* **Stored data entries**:
==*==

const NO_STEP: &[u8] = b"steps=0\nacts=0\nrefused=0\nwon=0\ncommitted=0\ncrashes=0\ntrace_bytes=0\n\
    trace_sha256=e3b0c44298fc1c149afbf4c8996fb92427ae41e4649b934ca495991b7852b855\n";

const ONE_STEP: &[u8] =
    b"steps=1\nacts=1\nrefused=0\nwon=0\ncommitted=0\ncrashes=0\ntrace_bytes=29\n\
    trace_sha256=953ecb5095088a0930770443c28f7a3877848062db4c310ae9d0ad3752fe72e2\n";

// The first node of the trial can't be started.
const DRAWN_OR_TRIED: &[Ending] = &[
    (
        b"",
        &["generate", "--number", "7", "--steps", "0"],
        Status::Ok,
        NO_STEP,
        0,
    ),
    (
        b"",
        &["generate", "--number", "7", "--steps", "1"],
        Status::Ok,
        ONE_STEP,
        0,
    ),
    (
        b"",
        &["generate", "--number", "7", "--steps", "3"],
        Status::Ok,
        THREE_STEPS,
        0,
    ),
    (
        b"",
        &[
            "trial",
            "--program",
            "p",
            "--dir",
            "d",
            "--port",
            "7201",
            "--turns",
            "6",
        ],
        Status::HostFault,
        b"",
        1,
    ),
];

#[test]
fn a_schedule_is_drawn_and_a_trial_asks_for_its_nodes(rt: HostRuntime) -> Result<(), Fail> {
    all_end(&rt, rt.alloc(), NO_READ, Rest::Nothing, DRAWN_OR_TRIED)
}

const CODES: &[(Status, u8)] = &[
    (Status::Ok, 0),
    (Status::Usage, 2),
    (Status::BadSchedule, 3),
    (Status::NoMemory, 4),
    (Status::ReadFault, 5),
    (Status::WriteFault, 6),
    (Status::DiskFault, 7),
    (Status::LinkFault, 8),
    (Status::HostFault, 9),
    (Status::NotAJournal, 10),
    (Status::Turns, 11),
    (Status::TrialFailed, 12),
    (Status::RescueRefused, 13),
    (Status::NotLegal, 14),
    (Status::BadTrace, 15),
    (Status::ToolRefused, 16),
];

==*==

* **WHAT IS EXPECTED**: A complete answer gives every line of the records holding "const".

* **OUTPUT FOR THIS TASK**:
const NO_STEP: &[u8] = b"steps=0\nacts=0\nrefused=0\nwon=0\ncommitted=0\ncrashes=0\ntrace_bytes=0\n\
const ONE_STEP: &[u8] =
const DRAWN_OR_TRIED: &[Ending] = &[
const CODES: &[(Status, u8)] = &[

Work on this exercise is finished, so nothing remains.